We have already prepared our data in a previous part of this series. The gist of this preliminary work is contained in the folded code chunk below.

Code

#load necessary libraries
library(here) # for file paths
library(DESeq2) # for RNA-seq analysis
library(org.Hs.eg.db)
library(AnnotationDbi) # for gene annotation

# Downloading the count matrix
url <- "https://www.ncbi.nlm.nih.gov/geo/download/?acc=GSE123658&format=file&file=GSE123658%5Fread%5Fcounts%2Egene%5Flevel%2Etxt%2Egz"
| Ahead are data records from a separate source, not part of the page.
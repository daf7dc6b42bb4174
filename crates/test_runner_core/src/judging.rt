// How a run goes by the lines of a log, and what is reported of it.
ghost use Rattle.std.specs.Prelude.{◌≡◌, ◌⊎◌, ◌+◌, ◌^◌, ◌<◌, ◌≤◌, [], IfOk, string_bytes, true};
ghost use Rattle.test_runner_core_log_reader.specs.Limits.{log_reads};
ghost use Rattle.test_runner_core_log_reader.specs.Cursor.{Unmoved, tells_next};
ghost use Rattle.test_runner_core_reporter.specs.Writes as reporting;
ghost use Rattle.test_runner_core_session.specs.Session.{session_of};
ghost use Rattle.test_runner_core.specs.Faults.{CountsReadFailures, CountsWriteFailures};
ghost use Rattle.test_runner_core.specs.Inside.{HandsNext, JudgesLines, ReadsNext};
ghost use Rattle.test_runner_core.specs.Near.{LinesNear, LooksNear};

use crate::judge_fault::JudgeFault;
use crate::judging_line::judge_line;
use crate::refused_line::{RefusedLine, refusal_for, refused_at};
use std::alloc::Global;
use test_runner_core_log_reader::{LogLines, Next};
use test_runner_core_reporter::{ReportFault, report_opening, write_waiting};
use test_runner_core_session::RecordSession;
use test_runner_core_streams::{LogReader, ReportWriter};

// Takes the run of a plan from its beginning by the lines of a log, as `lines` cuts them from the
// reader, up to the first that is refused, which changes nothing and is answered; `None` where all
// are accepted. The plan's warnings are reported first, and then what the steps finish; all that is
// reported is written before the reader is asked for more.
pub(crate) fn judge_lines<R: LogReader, W: ReportWriter>(
    alloc: Global,
    session: &mut RecordSession<'_>,
    lines: &mut LogLines,
    log: &mut R,
    text: &mut String,
    report: &mut W,
) -> Result<Option<RefusedLine>, JudgeFault>
    requires calls_fit { R.calls log.old + 2 ^ 32 ≤ 2 ^ 63 }
    requires failures_fit { R.failures log.old < 2 ^ 62 }
    requires writes_fit { W.failures report.old < 2 ^ 62 }
    requires begins { session.old ≡ session_of session.old.plan }
    requires empty { string_bytes text.old ≡ [] }
    ensures plan { IfOk result (λ _. session.new.plan ≡ session.old.plan) }
    ensures judged { JudgesLines result session.old.plan session.new.run lines.old (R.left log.old)
        (R.left log.new) (W.taken report.old) (W.taken report.new) (string_bytes text.new) }
    ensures near { LinesNear session.old.plan lines.old (R.left log.old) (R.left log.new)
        (W.taken report.old) (W.taken report.new) }
    ensures reads { R.calls log.new ≤ R.calls log.old + log_reads }
    ensures read_failures { CountsReadFailures result (R.failures log.old) (R.failures log.new)
        (R.last_failed log.new) }
    ensures write_failures { CountsWriteFailures result (W.failures report.old)
        (W.failures report.new) (W.last_failed report.new) }
{
    report_opening(alloc, text, report, session.plan())?;
    let mut number = 1;
    loop {
        match next_line(lines, log, text, report)? {
            Next::Line => {}
            Next::Refused(fault) => return Ok(Some(refused_at(number, refusal_for(fault)))),
            Next::End => return Ok(None),
        }
        if let Some(refusal) = judge_line(alloc, session, lines.line(), text, report)? {
            return Ok(Some(refused_at(number, refusal)));
        }
        number += 1;
    }
}

// Finds the next line. Where that needs a read, what was reported is written before.
fn next_line<R: LogReader, W: ReportWriter>(
    lines: &mut LogLines,
    log: &mut R,
    text: &mut String,
    report: &mut W,
) -> Result<Next, JudgeFault>
    requires calls_fit { R.calls log.old + 2 ^ 31 ≤ 2 ^ 63 }
    requires failures_fit { R.failures log.old < 2 ^ 63 }
    requires writes_fit { W.failures report.old < 2 ^ 63 }
    ensures items { HandsNext result lines.old (R.left log.old) lines.new (R.left log.new)
        (W.taken report.old) (string_bytes text.old) (W.taken report.new) (string_bytes text.new) }
    ensures near { LooksNear result lines.old (R.left log.old) lines.new (R.left log.new)
        (W.taken report.old) (string_bytes text.old) (W.taken report.new) (string_bytes text.new) }
    ensures reads { ReadsNext result lines.old (R.calls log.old) lines.new (R.calls log.new) }
    ensures read_failures { CountsReadFailures result (R.failures log.old) (R.failures log.new)
        (R.last_failed log.new) }
    ensures write_failures { CountsWriteFailures result (W.failures report.old)
        (W.failures report.new) (W.last_failed report.new) }
{
    write_before_read(lines, text, report)?;
    Ok(lines.next(log)?)
}

// Writes what was reported, where the next line needs a read.
fn write_before_read<W: ReportWriter>(
    lines: &mut LogLines,
    text: &mut String,
    report: &mut W,
) -> Result<(), ReportFault>
    requires writes_fit { W.failures report.old < 2 ^ 63 }
    ensures unmoved { Unmoved lines.old lines.new }
    ensures writes { reporting.WritesParts result [] (W.taken report.old) (string_bytes text.old)
        (W.taken report.new) (string_bytes text.new) }
    ensures ready { IfOk result
        (λ _. (tells_next lines.new ≡ true) ⊎ (string_bytes text.new ≡ [])) }
    ensures failures { reporting.CountsWriteFailures result (W.failures report.old)
        (W.failures report.new) (W.last_failed report.new) }
{
    if lines.is_waiting() {
        return Ok(());
    }
    write_waiting(text, report)
}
dest <- here("data", "rnaseq", "GSE123658_counts.tsv.gz")

download.file(url, destfile = dest)

# Loading the count matrix
counts <- read.delim(dest, row.names = 1)
# Remove "X" prefix from column names
colnames(counts) <- sub("^X", "", colnames(counts))

# require genes to have a count of 10 or more in at least 5 samples to be included in the analysis
keep <- rowSums(counts >= 10) >= 5
counts <- counts[keep, ]

# Loading the metadata
library(GEOquery) # for loading data from GEO

gse <- getGEO("GSE123658", GSEMatrix = TRUE)

# Combine metadata from both platforms into a single data frame
eset_nextseq <- gse[["GSE123658-GPL18573_series_matrix.txt.gz"]]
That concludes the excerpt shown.